There were 28 guys lined up ready to race, some wearing gloves and some with stocking caps. It was so cold you could see your own breath, but all determined to finish in the top three. The race was quick, and I was not sure what I was getting myself into. Yet, I finished with a time of two minutes and seven seconds. I was shocked that not only did I finish with such an awesome time, but I also got first place. This race was just the beginning of many more to come.
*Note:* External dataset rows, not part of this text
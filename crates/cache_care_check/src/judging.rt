//! Whether an entry is honest.
ghost use Rattle.std.specs.Prelude.{◌≡◌, Err, IfOk, length};
ghost use Rattle.bx_io.specs.Holdings.{Keeps, held_in};
ghost use Rattle.memo_format.specs.Found.{output_lines};
ghost use Rattle.pip_model_types.specs.Made.{made_files};
ghost use Rattle.prints.specs.Processes.{IsWeak, without_pips};
ghost use Rattle.two_phase.specs.Calls.{KeeperCall};
ghost use Rattle.two_phase_meaning.specs.Honest.{HonestEntry};
ghost use Rattle.cache_care_check.specs.Judging.{AreFilesOf, IsFileOf, KeepsTexts};
ghost use Rattle.cache_care_check.specs.Known.{AreRight, TellsWhether};

use crate::describing::{answers_of, desc_of};
use crate::fault::CareFault;
use crate::known::KnownContents;
use crate::running::files_of_run;
use crate::texts::{EntryTexts, texts_of};
use bx_io::Keeper;
use memo_format::{Entry, OutputLine};
use pip_model_types::{Made, MadeFile};
use std::alloc::Global;

// Whether an output is this file, and its content is held, byte by byte.
fn is_file<K: Keeper>(
    alloc: Global,
    keeper: &mut K,
    contents: &mut KnownContents,
    output: &OutputLine,
    file: &MadeFile,
) -> Result<bool, CareFault>
    requires { AreRight (held_in (K.known keeper.old)) contents.old }
    ensures same { IfOk result (TellsWhether (held_in (K.known keeper.new))
        (λ S. IsFileOf S output.now (file.now.path, file.now.blob))) }
    ensures right { AreRight (held_in (K.known keeper.new)) contents.new }
    ensures known { Keeps (K.known keeper.old) (K.known keeper.new) }
    ensures keeper { KeeperCall (K.bound keeper.old) (K.bound keeper.new) (K.faults keeper.old)
        (K.faults keeper.new) (result ≡ Err CareFault.Failed) }
{
    if output.path != file.path {
        return Ok(false);
    }
    match contents.get(alloc, keeper, &output.digest)? {
        Some(held) => Ok(held.bytes() == file.blob.bytes()),
        None => Ok(false),
    }
}

// Whether outputs are these files, one by one, and their contents are held.
fn are_files<K: Keeper>(
    alloc: Global,
    keeper: &mut K,
    contents: &mut KnownContents,
    outputs: &[OutputLine],
    made: &Made,
) -> Result<bool, CareFault>
    requires { AreRight (held_in (K.known keeper.old)) contents.old }
    ensures same { IfOk result (TellsWhether (held_in (K.known keeper.new))
        (λ S. AreFilesOf S outputs.now made.now)) }
    ensures right { AreRight (held_in (K.known keeper.new)) contents.new }
    ensures known { Keeps (K.known keeper.old) (K.known keeper.new) }
    ensures keeper { KeeperCall (K.bound keeper.old) (K.bound keeper.new) (K.faults keeper.old)
        (K.faults keeper.new) (result ≡ Err CareFault.Failed) }
{
    let files = made.files();
    if outputs.len() != files.len() {
        return Ok(false);
    }
    'outputs: for place in 0..outputs.len() {
        if !is_file(alloc, keeper, contents, &outputs[place], &files[place])? {
            return Ok(false);
        }
    }
    Ok(true)
}

// Whether the run on what the texts of an entry name gives just its outputs.
fn keeps_texts<K: Keeper>(
    alloc: Global,
    keeper: &mut K,
    contents: &mut KnownContents,
    entry: &Entry,
    texts: EntryTexts,
) -> Result<bool, CareFault>
    requires right { AreRight (held_in (K.known keeper.old)) contents.old }
    requires weak { IsWeak texts.weak }
    requires no_pips { without_pips texts.weak ≡ texts.weak }
    requires one_each { length texts.lines ≡ length texts.paths }
    ensures keeps { IfOk result (TellsWhether (held_in (K.known keeper.new))
        (λ S. KeepsTexts S entry.now texts)) }
    ensures right { AreRight (held_in (K.known keeper.new)) contents.new }
    ensures known { Keeps (K.known keeper.old) (K.known keeper.new) }
    ensures keeper { KeeperCall (K.bound keeper.old) (K.bound keeper.new) (K.faults keeper.old)
        (K.faults keeper.new) (result ≡ Err CareFault.Failed) }
{
    let EntryTexts { weak, paths, lines } = texts;
    let desc = match desc_of(alloc, keeper, contents, weak)? {
        Some(desc) => desc,
        None => return Ok(false),
    };
    let answers = match answers_of(alloc, keeper, contents, lines.lines())? {
        Some(answers) => answers,
        None => return Ok(false),
    };
    match files_of_run(alloc, desc, &paths, answers.into_answers())? {
        Some(made) => are_files(alloc, keeper, contents, entry.outputs.lines(), &made),
        None => Ok(false),
    }
}

/// Whether an entry is honest: its texts are held and are those of one run, all contents that it and they name are
/// held, and the run of its tool on these contents and answers asks just its path set and gives just its outputs.
pub(crate) fn is_honest<K: Keeper>(
    alloc: Global,
    keeper: &mut K,
    contents: &mut KnownContents,
    entry: &Entry,
) -> Result<bool, CareFault>
    requires { AreRight (held_in (K.known keeper.old)) contents.old }
    ensures honest { IfOk result (TellsWhether (held_in (K.known keeper.new))
        (λ S. HonestEntry S entry.now)) }
    ensures right { AreRight (held_in (K.known keeper.new)) contents.new }
    ensures known { Keeps (K.known keeper.old) (K.known keeper.new) }
    ensures keeper { KeeperCall (K.bound keeper.old) (K.bound keeper.new) (K.faults keeper.old)
        (K.faults keeper.new) (result ≡ Err CareFault.Failed) }
{
    match texts_of(alloc, keeper, contents, entry)? {
        Some(texts) => keeps_texts(alloc, keeper, contents, entry, texts),
        None => Ok(false),
    }
}
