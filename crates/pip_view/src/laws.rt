//! What holds of all views.
ghost use Rattle.pip_view.specs.Agreement.{ViewAgrees};

/// What a description answers of its own files, the view answers too.
pub fn view_agrees()
    ensures { ViewAgrees }
{}
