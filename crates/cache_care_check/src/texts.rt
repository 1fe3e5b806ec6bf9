//! The three texts that an entry names.
ghost use Rattle.std.specs.Prelude.{◌≡◌, ◌≢◌, ◌↔◌, Err, IfOk, IfSome, IsTrue, length};
ghost use Rattle.bx_io.specs.Holdings.{Keeps, held_in};
ghost use Rattle.observed.specs.Texts.{has_match, read_paths_text};
ghost use Rattle.prints.specs.Processes.{IsWeak, without_pips};
ghost use Rattle.prints.specs.ReadWeak.{read_weak_text};
ghost use Rattle.prints.specs.Strong.{read_strong_text};
ghost use Rattle.two_phase.specs.Calls.{KeeperCall};
ghost use Rattle.two_phase.specs.Finding.{FindsOne};
ghost use Rattle.two_phase_meaning.specs.Contents.{HoldsPaths, HoldsStrong, HoldsWeak};
ghost use Rattle.cache_care_check.specs.Judging.{AddsStrong, AreTexts};
ghost use Rattle.cache_care_check.specs.Known.{AreRight};

use crate::fault::CareFault;
use crate::known::KnownContents;
use bx_digest::Digest;
use bx_io::Keeper;
use memo_format::Entry;
use observed::{PathSet, SetFault};
use prints::{AnswerLines, PrintFault, StrongParts, WeakParts, read_strong, read_weak};
use std::alloc::Global;

/// What the texts of an entry say: a process, the asks of its path set, and a line for each of them.
#[derive(Drop)]
pub(crate) struct EntryTexts {
    pub(crate) weak: WeakParts,
    pub(crate) paths: PathSet,
    pub(crate) lines: AnswerLines,
}

// What a weak text says, if it is one.
fn weak_in(alloc: Global, text: &[u8]) -> Result<Option<WeakParts>, CareFault>
    ensures read { IfOk result (λ parts. read_weak_text text.now ≡ parts) }
    ensures weak { IfOk result (λ parts. IfSome parts (λ w. IsWeak w × (without_pips w ≡ w))) }
    ensures no_fault { result ≢ Err CareFault.Failed }
{
    match read_weak(alloc, text) {
        Ok(parts) => Ok(Some(parts)),
        Err(PrintFault::BadPrint) => Ok(None),
        Err(PrintFault::Memory) => Err(CareFault::Memory),
    }
}

// The path set of a text, if it is one.
fn paths_in(alloc: Global, text: &[u8]) -> Result<Option<PathSet>, CareFault>
    ensures read { IfOk result (λ set. read_paths_text text.now ≡ set) }
    ensures no_fault { result ≢ Err CareFault.Failed }
{
    match PathSet::read(alloc, text) {
        Ok(set) => Ok(Some(set)),
        Err(SetFault::BadSet) => Ok(None),
        Err(SetFault::Memory) => Err(CareFault::Memory),
    }
}

// What a strong text says, if it is one.
fn strong_in(alloc: Global, text: &[u8]) -> Result<Option<StrongParts>, CareFault>
    ensures read { IfOk result (λ parts. read_strong_text text.now ≡ parts) }
    ensures no_fault { result ≢ Err CareFault.Failed }
{
    match read_strong(alloc, text) {
        Ok(parts) => Ok(Some(parts)),
        Err(PrintFault::BadPrint) => Ok(None),
        Err(PrintFault::Memory) => Err(CareFault::Memory),
    }
}

/// What the weak text of a digest says.
pub fn weak_of<K: Keeper>(
    alloc: Global,
    keeper: &mut K,
    contents: &mut KnownContents,
    digest: &Digest,
) -> Result<Option<WeakParts>, CareFault>
    requires { AreRight (held_in (K.known keeper.old)) contents.old }
    ensures found { IfOk result (FindsOne (held_in (K.known keeper.new)) (λ S parts. HoldsWeak S digest.now parts)) }
    ensures weak { IfOk result (λ parts. IfSome parts (λ w. IsWeak w × (without_pips w ≡ w))) }
    ensures right { AreRight (held_in (K.known keeper.new)) contents.new }
    ensures known { Keeps (K.known keeper.old) (K.known keeper.new) }
    ensures keeper { KeeperCall (K.bound keeper.old) (K.bound keeper.new) (K.faults keeper.old)
        (K.faults keeper.new) (result ≡ Err CareFault.Failed) }
{
    match contents.get(alloc, keeper, digest)? {
        Some(text) => weak_in(alloc, text.bytes()),
        None => Ok(None),
    }
}

// The path set whose text has a digest.
fn paths_of<K: Keeper>(
    alloc: Global,
    keeper: &mut K,
    contents: &mut KnownContents,
    digest: &Digest,
) -> Result<Option<PathSet>, CareFault>
    requires { AreRight (held_in (K.known keeper.old)) contents.old }
    ensures found { IfOk result (FindsOne (held_in (K.known keeper.new)) (λ S asks. HoldsPaths S digest.now asks)) }
    ensures right { AreRight (held_in (K.known keeper.new)) contents.new }
    ensures known { Keeps (K.known keeper.old) (K.known keeper.new) }
    ensures keeper { KeeperCall (K.bound keeper.old) (K.bound keeper.new) (K.faults keeper.old)
        (K.faults keeper.new) (result ≡ Err CareFault.Failed) }
{
    match contents.get(alloc, keeper, digest)? {
        Some(text) => paths_in(alloc, text.bytes()),
        None => Ok(None),
    }
}

/// What the strong text of a digest says.
pub fn strong_of<K: Keeper>(
    alloc: Global,
    keeper: &mut K,
    contents: &mut KnownContents,
    digest: &Digest,
) -> Result<Option<StrongParts>, CareFault>
    requires { AreRight (held_in (K.known keeper.old)) contents.old }
    ensures found { IfOk result
        (FindsOne (held_in (K.known keeper.new)) (λ S parts. HoldsStrong S digest.now parts)) }
    ensures right { AreRight (held_in (K.known keeper.new)) contents.new }
    ensures known { Keeps (K.known keeper.old) (K.known keeper.new) }
    ensures keeper { KeeperCall (K.bound keeper.old) (K.bound keeper.new) (K.faults keeper.old)
        (K.faults keeper.new) (result ≡ Err CareFault.Failed) }
{
    match contents.get(alloc, keeper, digest)? {
        Some(text) => strong_in(alloc, text.bytes()),
        None => Ok(None),
    }
}

// Whether a strong text is of the version of the path set of an entry, names its weak text and that path set, and has a
// line for each ask.
fn is_strong_of(parts: &StrongParts, entry: &Entry, paths: &PathSet) -> bool
    ensures { IsTrue result ↔ (parts.now.second ≡ has_match paths.now) × ((parts.now.weak ≡ entry.now.weak)
        × ((parts.now.paths ≡ entry.now.paths) × (length parts.now.lines ≡ length paths.now))) }
{
    parts.second == paths.has_match()
        && parts.weak == entry.weak
        && parts.paths == entry.paths
        && parts.lines.lines().len() == paths.asks().len()
}

// The texts of an entry whose first two are read.
fn with_strong<K: Keeper>(
    alloc: Global,
    keeper: &mut K,
    contents: &mut KnownContents,
    entry: &Entry,
    weak: WeakParts,
    paths: PathSet,
) -> Result<Option<EntryTexts>, CareFault>
    requires right { AreRight (held_in (K.known keeper.old)) contents.old }
    ensures found { IfOk result (FindsOne (held_in (K.known keeper.new))
        (λ S t. AddsStrong S entry.now weak paths t)) }
    ensures parts { IfOk result (λ found. IfSome found (λ t.
        (t.weak ≡ weak) × ((t.paths ≡ paths) × (length t.lines ≡ length t.paths)))) }
    ensures right { AreRight (held_in (K.known keeper.new)) contents.new }
    ensures known { Keeps (K.known keeper.old) (K.known keeper.new) }
    ensures keeper { KeeperCall (K.bound keeper.old) (K.bound keeper.new) (K.faults keeper.old)
        (K.faults keeper.new) (result ≡ Err CareFault.Failed) }
{
    match strong_of(alloc, keeper, contents, &entry.strong)? {
        Some(parts) => {
            if !is_strong_of(&parts, entry, &paths) {
                return Ok(None);
            }
            Ok(Some(EntryTexts {
                weak,
                paths,
                lines: parts.lines,
            }))
        }
        None => Ok(None),
    }
}

/// The texts that an entry names, if they are held and are those of one run.
pub(crate) fn texts_of<K: Keeper>(
    alloc: Global,
    keeper: &mut K,
    contents: &mut KnownContents,
    entry: &Entry,
) -> Result<Option<EntryTexts>, CareFault>
    requires { AreRight (held_in (K.known keeper.old)) contents.old }
    ensures found { IfOk result (FindsOne (held_in (K.known keeper.new)) (λ S t. AreTexts S entry.now t)) }
    ensures weak { IfOk result (λ found. IfSome found (λ t. IsWeak t.weak × (without_pips t.weak ≡ t.weak))) }
    ensures one_each { IfOk result (λ found. IfSome found (λ t. length t.lines ≡ length t.paths)) }
    ensures right { AreRight (held_in (K.known keeper.new)) contents.new }
    ensures known { Keeps (K.known keeper.old) (K.known keeper.new) }
    ensures keeper { KeeperCall (K.bound keeper.old) (K.bound keeper.new) (K.faults keeper.old)
        (K.faults keeper.new) (result ≡ Err CareFault.Failed) }
{
    let weak = match weak_of(alloc, keeper, contents, &entry.weak)? {
        Some(weak) => weak,
        None => return Ok(None),
    };
    match paths_of(alloc, keeper, contents, &entry.paths)? {
        Some(paths) => with_strong(alloc, keeper, contents, entry, weak, paths),
        None => Ok(None),
    }
}
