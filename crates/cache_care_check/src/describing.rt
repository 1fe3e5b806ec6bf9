//! The process and the answers that texts say, with the contents that they name.
ghost use Rattle.std.specs.Prelude.{◌≡◌, Err, IfOk, IfSome, length, map};
ghost use Rattle.bx_io.specs.Holdings.{Keeps, held_in};
ghost use Rattle.bx_tree.specs.FileInputs.{input_path};
ghost use Rattle.pip_model_types.specs.Inputs.{RiseByPath};
ghost use Rattle.pip_model_types.specs.Made.{RisingFiles, made_files};
ghost use Rattle.prints.specs.Processes.{IsWeak, without_pips};
ghost use Rattle.prints.specs.Strong.{line_of};
ghost use Rattle.two_phase.specs.Calls.{KeeperCall};
ghost use Rattle.two_phase.specs.Finding.{FindsOne};
ghost use Rattle.two_phase_meaning.specs.Contents.{HoldsAll, answer_contents};
ghost use Rattle.cache_care_check.specs.Describing.{AreDeclared, IsDeclared};
ghost use Rattle.cache_care_check.specs.Judging.{AreAnswersOf, IsDescOf};
ghost use Rattle.cache_care_check.specs.Known.{AreRight};

use crate::fault::CareFault;
use crate::known::KnownContents;
use bx_digest::Digest;
use bx_io::Keeper;
use bx_tree::FileInput;
use observed::Answer;
use pip_model_types::{Desc, Made, MadeFile};
use prints::{AnswerLine, WeakParts};
use std::alloc::Global;
use std::marker::Model;

/// Answers, in order. Contracts see them as a list.
#[derive(Drop)]
pub(crate) struct StoredAnswers {
    answers: Vec<Answer>,
}

impl Model for StoredAnswers {
    ghost use Rattle.std.specs.Prelude.{List};
    ghost use Rattle.observed.specs.declared.access.Answer.{Answer};

    ghost Value = { List Answer };

    ghost view = { λ a. a.answers.items };
}

impl StoredAnswers {
    // The answers, in order.
    pub(crate) fn into_answers(self) -> Vec<Answer>
        ensures { result.items ≡ self }
    {
        self.answers
    }
}

// A declared file with its content.
fn declared<K: Keeper>(
    alloc: Global,
    keeper: &mut K,
    contents: &mut KnownContents,
    file: &FileInput,
    digest: &Digest,
) -> Result<Option<MadeFile>, CareFault>
    requires { AreRight (held_in (K.known keeper.old)) contents.old }
    ensures found { IfOk result (FindsOne (held_in (K.known keeper.new))
        (λ S f. IsDeclared S (input_path file.now) digest.now f)) }
    ensures path { IfOk result (λ found. IfSome found (λ f. f.path ≡ input_path file.now)) }
    ensures right { AreRight (held_in (K.known keeper.new)) contents.new }
    ensures known { Keeps (K.known keeper.old) (K.known keeper.new) }
    ensures keeper { KeeperCall (K.bound keeper.old) (K.bound keeper.new) (K.faults keeper.old)
        (K.faults keeper.new) (result ≡ Err CareFault.Failed) }
{
    match contents.get(alloc, keeper, digest)? {
        Some(blob) => Ok(Some(MadeFile {
            path: file.path().share()?,
            blob,
        })),
        None => Ok(None),
    }
}

// The declared files with their contents, which rise by path.
fn declared_files<K: Keeper>(
    alloc: Global,
    keeper: &mut K,
    contents: &mut KnownContents,
    files: &[FileInput],
    digests: &[Digest],
) -> Result<Option<Made>, CareFault>
    requires right { AreRight (held_in (K.known keeper.old)) contents.old }
    requires rising { RiseByPath files.now }
    requires one_each { length files.now ≡ length digests.now }
    ensures found { IfOk result (FindsOne (held_in (K.known keeper.new))
        (λ S made. AreDeclared S (map input_path files.now) digests.now made)) }
    ensures right { AreRight (held_in (K.known keeper.new)) contents.new }
    ensures known { Keeps (K.known keeper.old) (K.known keeper.new) }
    ensures keeper { KeeperCall (K.bound keeper.old) (K.bound keeper.new) (K.faults keeper.old)
        (K.faults keeper.new) (result ≡ Err CareFault.Failed) }
{
    let mut made = Vec::new(alloc);
    'files: for place in 0..files.len() {
        match declared(alloc, keeper, contents, &files[place], &digests[place])? {
            Some(file) => made.push(file)?,
            None => return Ok(None),
        }
    }
    Ok(Some(Made::of(alloc, made)?))
}

/// The process that a weak text says, with the contents that it names, if all are held.
pub(crate) fn desc_of<K: Keeper>(
    alloc: Global,
    keeper: &mut K,
    contents: &mut KnownContents,
    parts: WeakParts,
) -> Result<Option<Desc>, CareFault>
    requires right { AreRight (held_in (K.known keeper.old)) contents.old }
    requires weak { IsWeak parts }
    requires no_pips { without_pips parts ≡ parts }
    ensures found { IfOk result (FindsOne (held_in (K.known keeper.new)) (λ S d. IsDescOf S parts d)) }
    ensures right { AreRight (held_in (K.known keeper.new)) contents.new }
    ensures known { Keeps (K.known keeper.old) (K.known keeper.new) }
    ensures keeper { KeeperCall (K.bound keeper.old) (K.bound keeper.new) (K.faults keeper.old)
        (K.faults keeper.new) (result ≡ Err CareFault.Failed) }
{
    let exe = match contents.get(alloc, keeper, &parts.exe)? {
        Some(exe) => exe,
        None => return Ok(None),
    };
    let inputs = parts.process.files.files();
    let digests = parts.files.digests();
    match declared_files(alloc, keeper, contents, inputs, digests)? {
        Some(files) => Ok(Some(Desc {
            process: parts.process,
            exe,
            files,
            budget: parts.budget,
        })),
        None => Ok(None),
    }
}

// The answer that a line says, with its content, if that is held.
fn answer_of<K: Keeper>(
    alloc: Global,
    keeper: &mut K,
    contents: &mut KnownContents,
    line: &AnswerLine,
) -> Result<Option<Answer>, CareFault>
    requires { AreRight (held_in (K.known keeper.old)) contents.old }
    ensures found { IfOk result (FindsOne (held_in (K.known keeper.new))
        (λ S a. (line_of a ≡ line.now) × HoldsAll S (answer_contents a))) }
    ensures right { AreRight (held_in (K.known keeper.new)) contents.new }
    ensures known { Keeps (K.known keeper.old) (K.known keeper.new) }
    ensures keeper { KeeperCall (K.bound keeper.old) (K.bound keeper.new) (K.faults keeper.old)
        (K.faults keeper.new) (result ≡ Err CareFault.Failed) }
{
    match line {
        AnswerLine::Absent => Ok(Some(Answer::Absent)),
        AnswerLine::Content(digest) => match contents.get(alloc, keeper, digest)? {
            Some(bytes) => Ok(Some(Answer::Content(bytes))),
            None => Ok(None),
        },
        AnswerLine::File => Ok(Some(Answer::File)),
        AnswerLine::Directory => Ok(Some(Answer::Directory)),
        AnswerLine::Names(digest) => match contents.get(alloc, keeper, digest)? {
            Some(names) => Ok(Some(Answer::Names(names))),
            None => Ok(None),
        },
        AnswerLine::Denied => Ok(Some(Answer::Denied)),
    }
}

/// The answers that the lines of a strong text say, with their contents, if all are held.
pub(crate) fn answers_of<K: Keeper>(
    alloc: Global,
    keeper: &mut K,
    contents: &mut KnownContents,
    lines: &[AnswerLine],
) -> Result<Option<StoredAnswers>, CareFault>
    requires { AreRight (held_in (K.known keeper.old)) contents.old }
    ensures found { IfOk result (FindsOne (held_in (K.known keeper.new))
        (λ S given. AreAnswersOf S lines.now given)) }
    ensures number { IfOk result (λ found. IfSome found (λ given. length given ≡ length lines.now)) }
    ensures right { AreRight (held_in (K.known keeper.new)) contents.new }
    ensures known { Keeps (K.known keeper.old) (K.known keeper.new) }
    ensures keeper { KeeperCall (K.bound keeper.old) (K.bound keeper.new) (K.faults keeper.old)
        (K.faults keeper.new) (result ≡ Err CareFault.Failed) }
{
    let mut answers = Vec::new(alloc);
    'lines: for line in lines {
        match answer_of(alloc, keeper, contents, line)? {
            Some(answer) => answers.push(answer)?,
            None => return Ok(None),
        }
    }
    Ok(Some(StoredAnswers { answers }))
}
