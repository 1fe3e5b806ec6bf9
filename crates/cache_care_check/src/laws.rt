//! What holds of all surveys of stores.
ghost use Rattle.std.specs.Prelude.{◌≡◌, ◌↔◌, ℕ, List, false};
ghost use Rattle.std.specs.FinMap.{keys};
ghost use Rattle.bx_io.specs.Holdings.{Holdings};
ghost use Rattle.two_phase_meaning.specs.Honest.{Honest};
ghost use Rattle.cache_care_check.specs.CareLists.{has_bad_remark, remarks_of};
ghost use Rattle.cache_care_check.specs.Findings.{AreFindings, IsFinding};
ghost use Rattle.cache_care_check.specs.declared.surveying.Finding.{Finding as AnyFinding};

/// Of a name one thing is found at most, and so of all names of a store one list: so what a check tells is determined.
pub fn one_finding()
    ensures finding { (S : Holdings) (name : List ℕ) (a b : AnyFinding) → IsFinding S name a → IsFinding S name b → a ≡ b }
    ensures findings { (S : Holdings) (names : List (List ℕ)) (a b : List AnyFinding) →
        AreFindings S names a → AreFindings S names b → a ≡ b }
{}

/// A check tells of a bad entry exactly where the store is not honest.
pub fn check_tells()
    ensures { (S : Holdings) (found : List AnyFinding) → AreFindings S (keys S) found →
        (Honest S ↔ (has_bad_remark (remarks_of (keys S) found) ≡ false)) }
{}
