//! File access rules: what a process sees of the file system around it.
//!
//! The view of a process is given by its input files, by other source files, and by what other pips can produce.
//! This crate depends on `pip_view_inputs` for the results of dependencies, on `violations` for what pips can
//! produce, on `pip_view_directories` for the directories that matter at a path, and on `observed`, `tool_run` and
//! `tool_run_writes` for asks, answers and listings. It carries the promise that a view answers by these rules.
#![tactic(auto)]

mod below;
mod laws;
mod members;
mod taken;
mod view;

pub use bx_tree::Memory;
pub use laws::view_agrees;
pub use pip_view_inputs::{Inputs, desc, plain};
pub use view::PipView;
The next week I was called into my coach's office and was told that I qualified for the league championships. I was so surprised but also at the same time was scared and nervous. I trained for the next week and Thursday I went to the track meet with my coach. There were the best runners, throwers, and jumpers from the league here in one stadium. Some were very anxious and some totally frightened. I was amazed at the size of the crowd and I was totally nervous but at the same time pumped up. I was ranked last out of the sixteen runners in my race and was quite disappointed. I sat down with my father and he told me how proud he was for me to be here and giving it all I had. I warmed up and did all my usual rituals and felt pretty calm for the race. The race was full of pushing and eagerness to win. I only remember the start and then hugging my coach at the finish line. I got fourth place and was the happiest man on the track that day. As I arrived at the finals the next day, I found out that the top six out of eight went to districts. This was good news and meant I only had to beat two runners. I got to the finals early to get motivated and to have some quiet time to myself. I ran a personal best of two minutes and two seconds. I was on my way to districts.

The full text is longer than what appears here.